//! What texts read as: the longest key, the marks that it takes, and implicit weights.

use crate::cases::words_of_case;
use crate::samples::{CLASSES, Check, normal_of, over_both};
use std::alloc::{AllocError, Global};
use std::test::Fail;
use test_kit::{holds, same};
use uca_match::{Collator, Lookup};
use uca_text::Normal;

const CONTRACTIONS: &str = "@version 1\n\
    0061 ; [.0001.0020.0002]\n\
    0301 ; [.0002.0020.0002]\n\
    0300 ; [.0003.0020.0002]\n\
    0323 ; [.0004.0020.0002]\n\
    0061 0301 ; [.0005.0020.0002]\n\
    0061 0301 0300 ; [.0006.0020.0002]\n\
    0062 0061 0062 ; [.0007.0020.0002]\n\
    0062 ; [.0008.0020.0002]\n";

/// The primary weights of the elements of a text that are not 0.
fn primaries<L: Lookup>(
    alloc: Global,
    collator: &Collator<L>,
    text: &Normal,
) -> Result<String, AllocError> {
    let mut weights = String::new(alloc);
    for element in collator.elements(text) {
        if element.primary != 0 {
            write!(weights, " {:04X}", element.primary)?;
        }
    }
    Ok(weights)
}

/// Texts and what they read as, with a space before each weight.
const READ: &str = r" |
0061 | 0001
-- the longest key that begins the text
0062 0061 0062 | 0007
0062 0061 0061 | 0008 0001 0001
0062 0061 | 0008 0001
0061 0301 | 0005
-- a mark that a skipped one does not block is removed, and the skipped one is read after the key
0061 0323 0301 | 0005 0004
0061 0323 0301 0062 | 0005 0004 0008
-- a mark that was removed blocks nothing
0061 0323 0301 0300 | 0006 0004
-- a skipped mark blocks one of its class
0061 0300 0301 | 0001 0003 0002
-- a code point that no row lists gets implicit weights, and takes no marks
4E00 0301 | FBC0 CE00 0002
4E00 10FFFF | FBC0 CE00 FBE1 FFFF";

/// A text, and what it reads as.
fn check_case<L: Lookup>(alloc: Global, collator: &Collator<L>, case: &str) -> Result<(), Fail> {
    if case.starts_with("--") {
        return Ok(());
    }
    let (points, wanted) = words_of_case(case)?;
    let text = normal_of(alloc, points, collator.data)?;
    let found = primaries(alloc, collator, &text);
    drop(text);
    same(&found?, wanted, case)
}

/// Nothing comes after the last element, however often it is asked for.
fn check_end<L: Lookup>(alloc: Global, collator: &Collator<L>) -> Result<(), Fail> {
    let text = normal_of(alloc, "0061", collator.data)?;
    let mut elements = collator.elements(&text);
    let first = elements.next().is_some();
    let second = elements.next().is_some();
    let third = elements.next().is_some();
    drop(text);
    holds(
        [first, second, third] == [true, false, false],
        "one element, and no more",
    )
}

/// The texts of `READ`, and the end of the elements.
#[derive(Clone, Copy)]
struct Read;

impl Check for Read {
    fn check<L: Lookup>(&self, alloc: Global, collator: &Collator<L>) -> Result<(), Fail> {
        for case in READ.lines() {
            check_case(alloc, collator, case)?;
        }
        check_end(alloc, collator)
    }
}

#[test]
fn reads_texts(rt: HostRuntime) -> Result<(), Fail> {
    over_both(rt.alloc(), CONTRACTIONS, CLASSES, &Read)
}
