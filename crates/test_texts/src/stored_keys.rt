//! Stored keys, which give an order and a level, also where the slices are no keys.

use crate::cases::bytes_of;
use crate::keys::elements_of;
use std::alloc::{AllocError, Global};
use std::cmp::Ordering;
use std::cmp::Ordering::Greater;
use std::test::Fail;
use test_kit::{halves, holds, same};
use uca_key::{compare_keys, key_of, level_count};
use uca_weights::Depth::{Identical, Weights};
use uca_weights::Weighting;
use uca_weights::Weighting::{NonIgnorable, Shifted};

/// An order, and the level at which the difference lies.
pub fn answer(alloc: Global, order: Ordering, level: u8) -> Result<String, AllocError> {
    format!(in alloc; "{order:?} {level}")
}

/// How two slices compare, and how they do the other way round.
pub fn check_order(
    alloc: Global,
    left: &[u8],
    right: &[u8],
    levels: u8,
    wanted: &str,
) -> Result<(), Fail> {
    let (order, level) = compare_keys(left, right, levels);
    same(&answer(alloc, order, level)?, wanted, "the order")?;
    let (order, level) = compare_keys(right, left, levels);
    same(
        &answer(alloc, order.reverse(), level)?,
        wanted,
        "the order of the others",
    )
}

/// How many levels, two slices, and how they compare.
fn check_slices(alloc: Global, case: &str) -> Result<(), Fail> {
    let (levels, rest) = halves(case)?;
    let (left, rest) = halves(rest)?;
    let (right, wanted) = halves(rest)?;
    let left = bytes_of(alloc, left)?;
    let right = bytes_of(alloc, right)?;
    check_order(alloc, &left, &right, levels.parse()?, wanted)
}

/// Keys of three levels, keys of four, how many levels at most, and slices that are no keys.
const SLICES: &str = r"3 |  |  | Equal 0
3 | 0000 0000 | 0000 0000 | Equal 0
3 | 1C47 0000 0020 0000 0002 | 1C47 0000 0020 0000 0002 | Equal 0
3 | 1C47 0000 0020 0000 0002 | 1C60 0000 0020 0000 0002 | Less 1
3 | 1C47 0000 0020 0024 0000 0002 0002 | 1C47 0000 0020 0000 0002 | Greater 2
3 | 1C47 0000 0020 0000 0002 | 1C47 0000 0020 0000 0008 | Less 3
3 | 1C47 0000 0020 0024 0000 0002 0002 | 1C47 0000 0020 0000 0008 | Greater 2
3 | 1C47 0000 0020 0024 0000 0002 0002 | 1C60 0000 0020 0000 0002 | Less 1
3 | 0000 0000 | 1C47 0000 0020 0000 0002 | Less 1
4 | 1C47 1C60 0000 0020 0020 0000 0002 0002 0000 FFFF 0209 FFFF | 1C47 1C60 0000 0020 0020 0000 0002 0002 0000 FFFF FFFF | Less 4
4 | 1C47 1C60 0000 0020 0020 0000 0002 0002 0000 FFFF 0209 FFFF | 1C47 1C60 0000 0020 0020 0000 0002 0002 0000 FFFF 0209 FFFF | Equal 0
3 | 1C47 1C60 0000 0020 0020 0000 0002 0002 0000 FFFF 0209 FFFF | 1C47 1C60 0000 0020 0020 0000 0002 0002 0000 FFFF FFFF | Less 3
0 | 0000 0000 | 0000 0000 0000 | Less 0
1 | 0000 0000 | 0000 0000 0000 | Less 1
2 | 0000 0000 | 0000 0000 0000 | Less 2
3 | 0000 0000 | 0000 0000 0000 | Less 3
4 | 0000 0000 | 0000 0000 0000 | Less 3
255 | 0000 0000 | 0000 0000 0000 | Less 3
0 | 0001 0000 0000 | 0002 0000 0000 | Less 0
3 |  | 00 | Less 1
3 | 1C | 1C47 | Less 1
3 | 0000 00 | 0000 0000 | Less 2
3 | 0000 01 | 0000 01 | Equal 0
3 | 0000 01 | 0000 02 | Less 2
3 | 0500 0005 01 | 0500 0005 02 | Less 1
3 | 0005 0000 0006 | 0005 0000 0005 | Greater 2
3 | 0700 0000 | 0800 0000 | Less 1
3 | 0000 2000 | 0000 20 | Greater 2";

#[test]
fn stored_keys_and_other_slices(rt: HostRuntime) -> Result<(), Fail> {
    for case in SLICES.lines() {
        check_slices(rt.alloc(), case)?;
    }
    Ok(())
}

#[test]
fn levels() -> Result<(), Fail> {
    holds(level_count(NonIgnorable, Weights) == 3, "three levels")?;
    holds(level_count(Shifted, Identical) == 5, "five levels")?;
    let zeros = [0; 600];
    let all = compare_keys(&zeros, &zeros[..598], 255);
    holds(all == (Greater, 255), "as many levels as there can be")?;
    let some = compare_keys(&zeros, &zeros[..80], 255);
    holds(some == (Greater, 41), "the level after 40")
}

/// The keys of two lists of elements, and how they compare.
fn check_written(
    alloc: Global,
    weighting: Weighting,
    keys: &str,
    wanted: &str,
) -> Result<(), Fail> {
    let (left, right) = halves(keys)?;
    let left = elements_of(alloc, left)?;
    let right = elements_of(alloc, right)?;
    let left = key_of(alloc, weighting, left.iter().copied())?;
    let right = key_of(alloc, weighting, right.iter().copied())?;
    let levels = level_count(weighting, Weights);
    check_order(alloc, &left, &right, levels, wanted)
}

/// Two lists of elements, and how their keys compare under both weightings.
const WRITTEN: &str = r"[.1C47.0020.0002] | [.1C60.0020.0002] : Less 1 : Less 1
[.1C47.0020.0002][.0000.0024.0002] | [.1C47.0020.0002] : Greater 2 : Greater 2
[.1C47.0020.0002] | [.1C47.0020.0008] : Less 3 : Less 3
 |  : Equal 0 : Equal 0
[.1C47.0020.0002][*0209.0020.0002][.1C60.0020.0002] | [.1C47.0020.0002][.1C60.0020.0002] : Less 1 : Less 4
[*0209.0020.0002][.0000.0024.0002] | [*0209.0020.0002] : Greater 2 : Equal 0";

/// Two lists of elements, and how their keys compare under each weighting.
fn check_orders(alloc: Global, case: &str) -> Result<(), Fail> {
    let (keys, orders) = case.split_once(" : ").ok_or("no orders")?;
    let (plainly, shifted) = orders.split_once(" : ").ok_or("one order")?;
    check_written(alloc, NonIgnorable, keys, plainly)?;
    check_written(alloc, Shifted, keys, shifted)
}

#[test]
fn written_keys_compare(rt: HostRuntime) -> Result<(), Fail> {
    for case in WRITTEN.lines() {
        check_orders(rt.alloc(), case)?;
    }
    Ok(())
}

=-=-=

### ASSIGNED TASK
List each line of the records that holds the string "same".

### ANSWER SPACE
use test_kit::{holds, same};
    same(&found?, wanted, case)
use test_kit::{halves, holds, same};
    same(&answer(alloc, order, level)?, wanted, "the order")?;
    same(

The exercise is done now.